Ward explains that many cases that are presented are children that are had out of wedlock.

“A lot of people don’t bother to get married,” he said. “So, they come to us and say ‘so-and-so’ is the father and we will file a paternity case.”

Ward said they then ask for a DNA test.

“It is great because years ago, we didn’t have DNA tests,” he said. “We had paternity trials where we had to have a jury decide if he’s the daddy or not.”

He said that there were blood tests that would give a probability of 90%.

“Now, we have DNA and it pretty much nails them. Once the DNA is established, the judge will set a child support order,” Ward explained. “That’s our three big categories that we get cases out of.”

He said the fourth one is a minor one, but it is still one they have to take on.

“It’s a minor one, but it is one that might help some people,” he said. “It is what we call an interstate enforcement,”

The interstate enforcement is a treaty between states where orders are obeyed in each state.
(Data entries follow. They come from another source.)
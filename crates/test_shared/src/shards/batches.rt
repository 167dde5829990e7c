//! A batch of new texts that comes to a shard which another thread reads. It waits for the reader, but does not hold the
//! spine meanwhile.
use crate::checks::is_so;
use crate::shards::{OPENED, TURNS, is_seen};
use lasso_parts::keys::{Key, Spur};
use lasso_parts::util::LassoResult;
use lasso_shared::shards::Shards;
use std::sync::atomic::{AtomicU64, Ordering};
use std::test::*;
use std::thread::{join, yield_now};
use test_common::hashers::FirstState;
use test_steps::Host;

// The last one is of shard 3, and those before it are of shard 6. All are new, and as many as are appended together.
static TEXTS: [&str; 13] = [
    "a", "b", "c", "d", "e", "f", "g", "h", "i", "j", "k", "l", "0",
];

// Interns the texts by one call, once the shard is read. Returns whether their numbers count from 0.
fn interns_all(
    rt: &impl Host,
    shards: &Shards<Spur, FirstState>,
    is_read: &AtomicU64,
) -> LassoResult<bool> {
    let mut keys = Vec::new(rt.alloc());
    let mut all = is_seen(is_read);
    shards.intern_all(rt, &mut shards.log.pass(), &TEXTS, &mut keys)?;
    for (number, key) in keys.iter().enumerate() {
        all &= key.into_usize() == number;
    }
    Ok(all && keys.len() == TEXTS.len())
}

// Waits until all texts but the last one are there and the spine is free, but not for ever. Returns whether that came.
fn is_spine_let_go(shards: &Shards<Spur, FirstState>) -> bool {
    let mut pass = shards.log.pass();
    for _ in 0..TURNS {
        if shards.log.len(&mut pass) == TEXTS.len() as u64 - 1 {
            if let Some((guard, held)) = shards.spine.lock_now() {
                guard.put_back(held);
                return true;
            }
        }
        yield_now();
    }
    false
}

// Reads the last text's shard until the spine is free and all other texts are there. Returns whether that came.
fn reads(rt: &impl Host, shards: &Shards<Spur, FirstState>, is_read: &AtomicU64) -> bool {
    let reading = shards.lock(3).read(rt);
    is_read.store(1, Ordering::SeqCst);
    let is_free = is_spine_let_go(shards);
    reading.unlock();
    is_free
}

#[test]
fn a_batch_that_waits_for_a_shard_lets_the_spine_go(rt: HostRuntime) -> Result<(), Fail> {
    // the indexes and the list have room, so the texts of shard 6 are appended under one hold of the spine
    let shards = Shards::open_for(rt.alloc(), FirstState::new(), OPENED, 1024)?;
    shards.log.make_cells(rt.alloc(), 64)?;
    let is_read = AtomicU64::new(0);
    let (is_free, are_numbered) = join(
        &rt,
        || reads(&rt, &shards, &is_read),
        || interns_all(&rt, &shards, &is_read),
    );
    is_so(&rt, is_free, "the spine");
    is_so(&rt, are_numbered?, "the numbers");
    Ok(())
}
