// The tokens of a policy, and their code.
#![tactic(auto)]

ghost use Rattle.std.specs.Prelude.{◌≡◌, Some, false, eqb, get_or, ◌+◌, ◌-◌, ◌*◌, ◌≤◌, [], ◌∷◌, length};
ghost use Rattle.model.specs.Bytes.{is_byte, one_of};
ghost use Rattle.model.specs.Tokens.{word_byte, spelling, capitals, read_word, read_attribute_name, read_text};
ghost use Rattle.codes.specs.Codes.{kind_of};
ghost use Rattle.codes.specs.Enums.{told_by};
ghost use Rattle.output.specs.Laid.{Laid};
ghost use Rattle.tokens.specs.TokenAt.{lead, code_of, sign_at, coded_read, word_token, token_in, token_at};
ghost use Rattle.tokens.specs.RuleCode.{low_bytes, Encodes};
ghost use Rattle.tokens.specs.Writing.{NamePut, Given, Wrote};

use codes::{
    AND, AT_LEAST, AT_MOST, COMMA, END, EQUAL, FALSE, GREATER, IN, INT, LBRACE, LESS, LPAREN, NAME,
    NOT, OR, RBRACE, RPAREN, STR, SUBSET, Source, TRUE, UNDEF, UNEQUAL,
};
use text::Packed;

// The number of no attribute.
const UNKNOWN: u8 = 255;

// The words in capitals, packed as names are, and the kinds of token that they are.
const CAPITALS: [u64; 9] = [
    0, // none
    4476481, // `AND`
    21071, // `OR`
    5525326, // `NOT`
    1163219540, // `TRUE`
    297750249798, // `FALSE`
    301809815125, // `UNDEF`
    20041, // `IN`
    92656726332755, // `SUBSET`
];

// Beside the words and not with them, since words alone are the table that `keyword` searches.
const CAPITAL_KINDS: [u8; 9] = [0, AND, OR, NOT, TRUE, FALSE, UNDEF, IN, SUBSET];

// How far the code reaches, and whether some name is undeclared.
#[derive(Clone, Copy)]
pub struct Encoded {
    pub len: usize,
    pub unknown: bool,
}

// Some byte is of no token; how far the code of the tokens before it reaches.
#[derive(Clone, Copy)]
pub struct BadToken {
    pub len: usize,
}

// A token of a policy, as far as its code tells it: a name with its source, the value of an int, the length of a str's text, the kind of any other.
#[derive(Clone, Copy)]
enum Token {
    Name(Source, Packed),
    Int(u32),
    Str(usize),
    Sign(u8),
}

// A token, or none where only spaces are left; and the place behind it.
#[derive(Clone, Copy)]
struct Placed {
    token: Option<Token>,
    next: usize,
}

fn word_byte(b: u8) -> bool
    ensures { result ≡ word_byte b }
{
    b.is_ascii_alphanumeric() || b == b'.' || b == b'_'
}

// How many bytes at the front are spaces, and how many are a word's.
fn spaces(s: &[u8]) -> usize
    ensures { result ≡ lead (is_byte " ") s.now }
{
    s.iter().position(|b| *b != b' ').unwrap_or(s.len())
}

fn word_length(s: &[u8]) -> usize
    ensures { result ≡ lead word_byte s.now }
{
    s.iter().position(|b| !word_byte(*b)).unwrap_or(s.len())
}

fn capital_of(w: &[u8]) -> Option<u8>
    ensures { result ≡ told_by kind_of (one_of spelling capitals w.now) }
{
    let place = text::keyword(w, &CAPITALS)?;
    Some(CAPITAL_KINDS[place])
}

// The name of an attribute, with its source.
fn name_in(w: &[u8]) -> Option<Token>
    ensures { result ≡ told_by code_of (read_attribute_name w.now) }
{
    let dot = text::index_of(w, b'.')?;
    let source = text::source_of(&w[..dot])?;
    let name = &w[dot + 1..];
    if !text::is_name(name) {
        return None;
    }
    Some(Token::Name(source, text::pack(name)))
}

// A word: one in capitals, an int or a name.
fn word_in(w: &[u8]) -> Option<Token>
    ensures { result ≡ told_by code_of (read_word w.now) }
{
    if let Some(kind) = capital_of(w) {
        return Some(Token::Sign(kind));
    }
    if let Some(n) = text::int_of(w) {
        return Some(Token::Int(n));
    }
    name_in(w)
}

// The word at the front of the last bytes of n.
fn word_token(s: &[u8], n: usize) -> Option<Placed>
    requires { length s.now ≤ n }
    ensures { result ≡ word_token n s.now }
{
    let end = word_length(s);
    let token = word_in(&s[..end])?;
    Some(Placed {
        token: Some(token),
        next: n - (s.len() - end),
    })
}

// The str whose text starts the last bytes of n, behind its first quote.
fn text_token(s: &[u8], n: usize) -> Option<Placed>
    requires { length s.now ≤ n }
    ensures { result ≡ coded_read n (read_text s.now) }
{
    let quote = text::index_of(s, b'"')?;
    if !text::is_text(&s[..quote]) {
        return None;
    }
    Some(Placed {
        token: Some(Token::Str(quote)),
        next: n - (s.len() - (quote + 1)),
    })
}

// The sign of so many bytes at the front of the last bytes of n.
fn sign(kind: u8, size: usize, s: &[u8], n: usize) -> Option<Placed>
    requires { (size ≤ length s.now) × (length s.now ≤ n) }
    ensures { result ≡ sign_at kind (n - (length s.now - size)) }
{
    Some(Placed {
        token: Some(Token::Sign(kind)),
        next: n - (s.len() - size),
    })
}

// Whether the second byte is `=`.
fn equals_next(s: &[u8]) -> bool
    ensures { result ≡ eqb (get_or s.now 1 0) 61 }
{
    s.get(1) == Some(&b'=')
}

// The token at the front of the last bytes of n. Operators are read longest first.
fn token_in(s: &[u8], n: usize) -> Option<Placed>
    requires { length s.now ≤ n }
    ensures { result ≡ token_in n s.now }
{
    if s.is_empty() {
        return Some(Placed {
            token: None,
            next: n,
        });
    }
    let equals = equals_next(s);
    match s[0] {
        b'!' if equals => sign(UNEQUAL, 2, s, n),
        b'!' => None,
        b'"' => text_token(&s[1..], n),
        b'(' => sign(LPAREN, 1, s, n),
        b')' => sign(RPAREN, 1, s, n),
        b',' => sign(COMMA, 1, s, n),
        b'<' if equals => sign(AT_MOST, 2, s, n),
        b'<' => sign(LESS, 1, s, n),
        b'=' => sign(EQUAL, 1, s, n),
        b'>' if equals => sign(AT_LEAST, 2, s, n),
        b'>' => sign(GREATER, 1, s, n),
        b'{' => sign(LBRACE, 1, s, n),
        b'}' => sign(RBRACE, 1, s, n),
        _ => word_token(s, n),
    }
}

// The token from a place on: spaces are passed over.
fn token_at(s: &[u8], at: usize) -> Option<Placed>
    requires { at ≤ length s.now }
    ensures { result ≡ token_at s.now at }
{
    let rest = &s[at..];
    token_in(&rest[spaces(rest)..], s.len())
}

fn write_int(n: u32, code: &mut [u8], at: usize) -> usize
    requires { at + 5 ≤ length code.old }
    ensures { Laid code.old at (1 ∷ low_bytes 4 n) code.new result }
{
    let [a, b, c, d] = n.to_le_bytes();
    output::put(code, at, &[INT, a, b, c, d])
}

fn write_text(s: &[u8], code: &mut [u8], at: usize) -> usize
    requires { (at + (length s.now + 2) ≤ length code.old) × (length s.now ≤ 255) }
    ensures { Laid code.old at (2 ∷ length s.now ∷ s.now) code.new result }
{
    let text = output::put(code, at, &[STR, s.len() as u8]);
    output::put(code, text, s)
}

// A name, by the number of its attribute.
fn write_name(
    attributes: &[u64],
    source: Source,
    name: Packed,
    code: &mut [u8],
    at: usize,
) -> Encoded
    requires { (length attributes.now ≡ 256) × (at + 2 ≤ length code.old) }
    ensures { NamePut attributes.now source name code.old at code.new result }
{
    let number = rows::attribute_number(attributes, u8::from(source), name);
    let byte = match number {
        Some(k) => k as u8,
        None => UNKNOWN,
    };
    Encoded {
        len: output::put(code, at, &[NAME, byte]),
        unknown: number.is_none(),
    }
}

// Code up to a place, with no undeclared name.
fn known(len: usize) -> Encoded
    ensures { result ≡ record { len = len; unknown = false } }
{
    Encoded {
        len,
        unknown: false,
    }
}

// The code of a token of s; none for the end.
fn write(s: &[u8], attributes: &[u64], t: Placed, code: &mut [u8], at: usize) -> Encoded
    requires { (length attributes.now ≡ 256) × Given s.now t at (length code.old) }
    ensures { Wrote s.now attributes.now t code.old at code.new result }
{
    match t.token {
        Some(Token::Name(source, name)) => write_name(attributes, source, name, code, at),
        Some(Token::Int(n)) => known(write_int(n, code, at)),
        Some(Token::Str(long)) => {
            let end = t.next - 1;
            known(write_text(&s[end - long..end], code, at))
        }
        Some(Token::Sign(kind)) => known(output::put_byte(code, at, kind)),
        None => known(at),
    }
}

// The code of a policy's tokens, and the byte that ends it, in one pass over the policy's bytes.
pub fn encode(s: &[u8], attributes: &[u64], code: &mut [u8]) -> Result<Encoded, BadToken>
    requires { (length attributes.now ≡ 256) × (3 * length s.now + 3 ≤ length code.old) }
    ensures { Encodes s.now attributes.now code.old code.new result }
{
    let mut at = 0;
    let mut len = 0;
    let mut unknown = false;
    // A token is as long as its bytes tell, so that no iterator over bytes fits.
    while at < s.len() {
        let Some(t) = token_at(s, at) else {
            return Err(BadToken { len });
        };
        let w = write(s, attributes, t, code, len);
        len = w.len;
        unknown |= w.unknown;
        at = t.next;
    }
    code[len] = END;
    Ok(Encoded {
        len: len + 1,
        unknown,
    })
}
“If there is an order from Kentucky saying that I’m supposed to be paying $300 a month in the divorce and that person moves to Michigan and never pays…then an order can be sent to Michigan.”

The Michigan Child Support Program will then enforce it, so the parent doesn’t have to travel.

“Because if the children are conceived in Kentucky, they got divorced in Kentucky, or they got married in Kentucky, whatever it is, there are ties in Kentucky,” Ward said.

He explained that there are orders sent to California, Michigan and Florida due to the interstate treaty.